You must admit, if Flyer News had been around in our time, we would have kicked the asses of those lame excuses for anchors. I know, they are only in high school, but we would have brought the funny hardcore style.
I think I remember that Atheist show. It was just a bunch of smug dickheads sitting around saying how stupid everyone else in the world is.
Atheist #1: I don't believe in god.
Atheist #2: Yeah, me neither!
Atheist #3: Couldn't agree with you more!
Atheist #1: Isn't it great that we know better than anyone else how the universe functions and that when we're dead, we're dead?
Atheist #2: Yeah, we're so awesome!
Atheist #3: Yeah, and everyone else is a deluded moron!
Atheist #1: Yeah! God is so lame!
Atheist #2: It's true! It's true! God is totally lame!
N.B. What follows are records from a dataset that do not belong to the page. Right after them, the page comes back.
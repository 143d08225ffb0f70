ghost use Rattle.std.specs.Prelude.{◌≡◌, ℕ};
ghost use Rattle.async_cell_sync.specs.Source.{source_of};

use crate::async_cell::AsyncCell;
use crate::cell_ref::CellRef;
use async_cell_calls::Cancel;
use async_cell_model::Kept;
use std::sync::Wait;

/// A guard of a cell. It must be consumed: by `cancel`, which sets its cancel value if the cell
/// holds no value, or by `release`, `set` or `or_set`. If the guard is an owner, each of these also
/// ends the owner. `with` turns the guard into a `Guard`, whose drop does what `cancel` does.
#[derive_where(Debug)]
pub struct GuardedCell<T, C: CellRef<Value = T>> {
    #[derive_where(skip)]
    pointer: C,
    #[derive_where(skip)]
    cancel: Cancel<T, C::Rules>,
}

impl<T: Drop, C: CellRef<Value = T>> GuardedCell<T, C> {
    pub(crate) fn new(pointer: C, cancel: T) -> Self
        requires may { C.Rules.may (Kept.OrSet cancel) }
        ensures of_this { result.pointer ≡ pointer }
        ensures keeps { result.cancel ≡ cancel }
    {
        let cancel = Cancel::of(cancel);
        GuardedCell { pointer, cancel }
    }

    /// Makes a `Guard` from this guard and `rt`, the right to wait for the lock. The `Guard` ends
    /// when it is dropped.
    pub fn with<R: Wait + Drop>(self, rt: R) -> Guard<T, C, R>
        ensures guards { result.guarded ≡ self }
    {
        Guard { guarded: self, rt }
    }

    /// Returns the cell that this guard guards.
    pub fn cell(&self) -> &AsyncCell<T, C::Rules>
        ensures { (s : ℕ) → C.waits_for self.now.pointer s → s ≡ source_of result.now }
    {
        self.pointer.cell()
    }

    /// Ends the guard: sets its cancel value and wakes all waiters, unless the cell holds a value.
    pub fn cancel<R: Wait>(self, rt: &R) {
        let GuardedCell { pointer, cancel } = self;
        pointer.cell().core.end_guard(Some(cancel.into_value()), rt);
        pointer.leave(rt);
    }

    /// Ends the guard without a write. Drops its cancel value.
    pub fn release<R: Wait>(self, rt: &R) {
        let GuardedCell { pointer, cancel: _ } = self;
        pointer.leave(rt);
    }

    /// Sets the value, and releases the guard.
    pub fn set<R: Wait>(self, value: T, rt: &R)
        requires may { C.Rules.may (Kept.Replace value) }
    {
        self.cell().set(value, rt);
        self.release(rt);
    }

    /// Sets the value if the cell holds none, and releases the guard.
    pub fn or_set<R: Wait>(self, value: T, rt: &R)
        requires may { C.Rules.may (Kept.OrSet value) }
    {
        self.cell().or_set(value, rt);
        self.release(rt);
    }
}

/// A guard of a cell, with the right to wait for the lock. The drop of the guard, also at `?` or an
/// early `return`, sets the guard's cancel value if the cell holds no value. `release`, `set` and
/// `or_set` end the guard without setting the cancel value. If the guard is an owner, the drop and
/// each of these calls also end the owner. The end of the last owner drops the value, so whoever
/// waits for the value has to be an owner (`take_shared`).
///
/// **Dropping a `Guard` may wait for the lock**, as its calls may. A `GuardedCell`, in contrast, is
/// not ended by a drop but by a call.
#[derive_where(Debug)]
pub struct Guard<T: Drop, C: CellRef<Value = T>, R: Wait + Drop> {
    #[derive_where(skip)]
    pub(crate) guarded: GuardedCell<T, C>,
    #[derive_where(skip)]
    pub(crate) rt: R,
}

impl<T: Drop, C: CellRef<Value = T>, R: Wait + Drop> Guard<T, C, R> {
    /// Returns the cell that this guard guards.
    pub fn cell(&self) -> &AsyncCell<T, C::Rules>
        ensures { (s : ℕ) → C.waits_for self.now.guarded.pointer s → s ≡ source_of result.now }
    {
        self.guarded.cell()
    }

    /// Returns whether the cell holds a value.
    pub fn is_set(&self) -> bool {
        self.cell().is_set(&self.rt)
    }

    /// Ends the guard without a write. Drops its cancel value.
    pub fn release(self) {
        let Guard { guarded, rt } = self;
        guarded.release(&rt);
    }

    /// Sets the value, and releases the guard.
    pub fn set(self, value: T)
        requires may { C.Rules.may (Kept.Replace value) }
    {
        let Guard { guarded, rt } = self;
        guarded.set(value, &rt);
    }

    /// Sets the value if the cell holds none, and releases the guard.
    pub fn or_set(self, value: T)
        requires may { C.Rules.may (Kept.OrSet value) }
    {
        let Guard { guarded, rt } = self;
        guarded.or_set(value, &rt);
    }
}

/// Ends the guard as `GuardedCell::cancel` does. May wait for the lock.
impl<T: Drop, C: CellRef<Value = T>, R: Wait + Drop> Drop for Guard<T, C, R> {
    fn drop(self) {
        let Guard { guarded, rt } = self;
        guarded.cancel(&rt);
    }
}
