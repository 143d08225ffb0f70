ghost use Rattle.std.specs.Prelude.{◌≡◌, None, IfOk, IfErr, IfSome};
ghost use Rattle.futures.specs.Poll.{IfReady, OnPending};
ghost use Rattle.futures.specs.Task.{Covers, Keeps};
ghost use Rattle.async_cell_model.specs.Machine.{content};
ghost use Rattle.async_cell_model.specs.Refusal.{FailsWithMemory, FailsWithMemoryOrClosed};
ghost use Rattle.async_cell_sync.specs.Names.{cell_of};
ghost use Rattle.async_cell_sync.specs.Owned.{cell_owned};
ghost use Rattle.async_cell_sync.specs.Source.{source_of};

use crate::guard::GuardedCell;
use crate::owner::Owner;
use crate::shared::Shared;
use crate::take::{Get, Take};
use async_cell_calls::CellStore;
use async_cell_core::{Core, Place, Refusal, TaskWaker};
use async_cell_history::{CellCore, Protocol, Unruled};
use async_cell_model::Kept;
use async_cell_step::{At, Places, Query, Rule, Ruled, poll};
use futures::task::{Context, Poll, Source};
use std::alloc::Global;
use std::sync::{Mutex, Wait};

/// A core behind a lock. Each call holds the lock while it makes its change. `rt` is the right to
/// wait for the lock. `N` names the cell, for the contracts of a [`Witness`](crate::Witness).
///
/// **What runs under the lock:** all that the docs of `AsyncCell` list, and also `clone` and
/// `will_wake` of wakers.
pub type LockedCore<T, W, N = Unruled> = CellStore<Mutex<CellCore<T, W, N>>>;

/// A cell that threads share. It holds an optional value, and futures wait on it for a value. Its
/// drop takes no lock, and wakes all waiters.
///
/// **What runs under the lock:** closures, the drop of what they own, and `clone` and `Debug` of
/// the value. **Code that runs under the lock must call no cell.** Such code waits forever if it
/// calls the same cell, or drops an `Owner`, a `Guard`, a waiting future or a stream of that cell.
/// It also waits forever if it waits for a thread which calls the cell. A call wakes tasks and
/// drops values after it has released the lock, so a wake or a drop may call the cell. (If another
/// task polls a future, the task that it leaves may be woken under the lock. This runs none of your
/// code.)
///
/// A future made by `with` holds one place in the wait list while it waits (see `With`). So all
/// these futures together need no more places than the largest number of them alive at one time.
/// Each `poll_shared` that waits adds one waker, which stays until the next write or close. `N` is
/// as for an `Owner`.
///
/// `{:?}` prints `AsyncCell { .. }`. For the content call `debug_text`, which takes the lock.
#[derive_where(Debug)]
pub struct AsyncCell<T, N: Protocol<T, TaskWaker> = Unruled> {
    #[derive_where(skip)]
    pub(crate) core: LockedCore<T, TaskWaker, N>,
    /// The source that waiting tasks register with.
    #[derive_where(skip)]
    pub(crate) source: Source,
    #[derive_where(skip)]
    pub(crate) alloc: Global,
}

/// Wakes all waiters.
impl<T: Drop, N: Protocol<T, TaskWaker>> Drop for AsyncCell<T, N> {
    #[inline(always)]
    fn drop(self) {
        let AsyncCell {
            core,
            source: _,
            alloc: _,
        } = self;
        core.into_core().end();
    }
}

impl<T: Drop> AsyncCell<T> {
    /// Makes a cell without a value. Allocates nothing. Stores the allocator for all memory that
    /// the cell allocates later.
    pub fn new(alloc: Global) -> Self {
        AsyncCell::of(alloc, Core::new(alloc))
    }

    /// As `new`, but the cell holds a value.
    pub fn new_with(alloc: Global, value: T) -> Self {
        AsyncCell::of(alloc, Core::new_with(alloc, value))
    }

    /// As `Shared::shared`.
    pub fn shared(alloc: Global) -> Result<Shared<T>, Refusal>
        ensures refused { FailsWithMemory result }
    {
        Shared::shared(alloc)
    }
}

impl<T: Drop, P: Rule<T>> AsyncCell<T, Ruled<P>> {
    /// As `new`, but the values of the cell satisfy the rule `P`.
    pub fn ruled(alloc: Global) -> Self {
        AsyncCell::of(alloc, Core::new(alloc))
    }

    /// As `new_with`, but the values of the cell satisfy the rule `P`.
    pub fn ruled_with(alloc: Global, value: T) -> Self
        requires rule { P.holds value }
    {
        AsyncCell::of(alloc, Core::new_with(alloc, value))
    }
}

impl<T: Drop, N: Protocol<T, TaskWaker>> AsyncCell<T, N> {
    /// Wraps a core in a cell that no witness sees.
    pub(crate) fn of(alloc: Global, core: Core<T, TaskWaker>) -> Self
        requires nameless { N.named ≡ None }
        requires rule { IfSome (content core.cell) N.holds }
    {
        AsyncCell {
            core: LockedCore::nameless(core),
            source: Source::new(),
            alloc,
        }
    }

    /// As `async_cell_step::poll`, on this cell. `at` is the future's place, if it has one.
    #[inline(always)]
    pub(crate) fn poll<Q: Query<CellCore<T, TaskWaker, N>>, R: Wait>(
        &self,
        query: Q,
        at: At<'_>,
        cx: &mut Context<'_>,
        rt: &R,
    ) -> Poll<Result<Q::Answer, Refusal>>
        requires asks { Q.asks query }
        ensures gives { IfReady result (λ answer. IfOk answer (Q.gives query)) }
        ensures closed { IfReady result (λ answer. IfErr answer (λ why. why ≡ Refusal.Closed
            → (core : _) × Q.closed core)) }
        ensures refused { IfReady result FailsWithMemoryOrClosed }
        ensures registered { OnPending result (Covers cx.new (λ s. s ≡ source_of self.now)) }
        ensures kept { Keeps cx.old cx.new }
    {
        poll(&self.core.store, &self.source, query, at, cx, rt)
    }

    /// As `Shared::into_shared`.
    pub fn into_shared(self) -> Result<Shared<T, N>, (Refusal, Self)>
        requires nameless { N.named ≡ None }
        ensures owns { IfOk result (λ owner. cell_of owner ≡ self) }
        ensures comes_back { IfErr result (λ back. back ≡ (Refusal.Memory, self)) }
    {
        Shared::into_shared(self)
    }

    /// As `Shared::into_shared`, but makes an `Owner`, which has the right to wait. To use `?`,
    /// call `Owner::new_with` instead, or write `into_shared_or_drop()?.with(rt)`.
    pub fn into_owner<R: Wait + Drop>(self, rt: R) -> Result<Owner<T, R, N>, (Refusal, Self)>
        requires nameless { N.named ≡ None }
        ensures owns { IfOk result (λ owner. cell_owned owner ≡ self) }
        ensures comes_back { IfErr result (λ back. back ≡ (Refusal.Memory, self)) }
    {
        Ok(self.into_shared()?.with(rt))
    }

    /// As `into_shared`, but drops the cell if there is no memory, so that `?` can be used on the
    /// result.
    pub fn into_shared_or_drop(self) -> Result<Shared<T, N>, Refusal>
        requires nameless { N.named ≡ None }
        ensures owns { IfOk result (λ owner. cell_of owner ≡ self) }
        ensures refused { FailsWithMemory result }
    {
        match self.into_shared() {
            Ok(owner) => Ok(owner),
            Err((why, _)) => Err(why),
        }
    }

    /// Returns the number of places in the wait list.
    #[doc(hidden)]
    pub fn waiting<R: Wait>(&self, rt: &R) -> usize {
        self.core.waiting(rt)
    }

    /// Returns the content. Wakes all waiters. Does not take the lock.
    pub fn into_inner(self) -> Option<T>
        ensures rule { IfSome result N.holds }
    {
        let AsyncCell {
            core,
            source: _,
            alloc: _,
        } = self;
        core.into_inner()
    }

    /// Returns a request to take the value. Its `with(rt)` is the future (see also `try_take`).
    pub fn take(&self) -> Take<&Self>
        ensures of_this { result.0.now ≡ self.now }
    {
        Take(self)
    }

    /// Returns a request to clone the value and leave it in the cell. Its `with(rt)` is the future.
    pub fn get(&self) -> Get<&Self>
    where
        T: Clone,
        ensures of_this { result.0.now ≡ self.now }
    {
        Get(self)
    }

    /// Returns a guard with this cancel value. The guard must be consumed (see `GuardedCell`).
    pub fn guard(&self, cancel: T) -> GuardedCell<T, &Self>
        requires may { N.may (Kept.OrSet cancel) }
        ensures of_this { result.pointer.now ≡ self.now }
        ensures keeps { result.cancel ≡ cancel }
    {
        GuardedCell::new(self, cancel)
    }
}

impl AsyncCell<()> {
    /// As `Owner::notify`.
    pub fn notify<R: Wait>(&self, rt: &R) {
        self.set((), rt);
    }

    /// Returns a request, whose `with(rt)` is the future of `Owner::wait`.
    pub fn wait(&self) -> Take<&AsyncCell<()>>
        ensures of_this { result.0.now ≡ self.now }
    {
        self.take()
    }
}

impl<T: Drop, N: Protocol<T, TaskWaker>, R: Wait> Places<R> for AsyncCell<T, N> {
    #[inline(always)]
    fn vacate(&self, place: Place, rt: &R) {
        self.core.store.vacate(place, rt);
    }

    fn cancel(&self, place: Place, rt: &R) {
        self.core.store.cancel(place, rt);
    }
}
Atheist #3: Unlike us! We're on local North Carolina public access cable! We rule!
Atheist #1: Yeah! God totally doesn't exist, but if he did, he'd be totally lame!
Atheist #2: Completely lame! Utterly unlike us in any way, due to our awesomeness and all-encompassing knowledge!
Atheist #3: Hey, guys! Let's contribute something to the betterment of society!
Atheist #1: Nah, I don't feel like it.
Atheist #2: Me neither.
Atheist #3: Yeah, sorry. I guess doing this show is quite enough of an altruistic effort.
Atheist #1: Tune in next week to learn more on how how god doesn't exist!
Atheist #2: I know I'm excited!
Athiest #3: Me too!
And yes, Dayna. Momobah Flyer News would have rocked. Our coverage of girl's volleyball would have been unparalleled.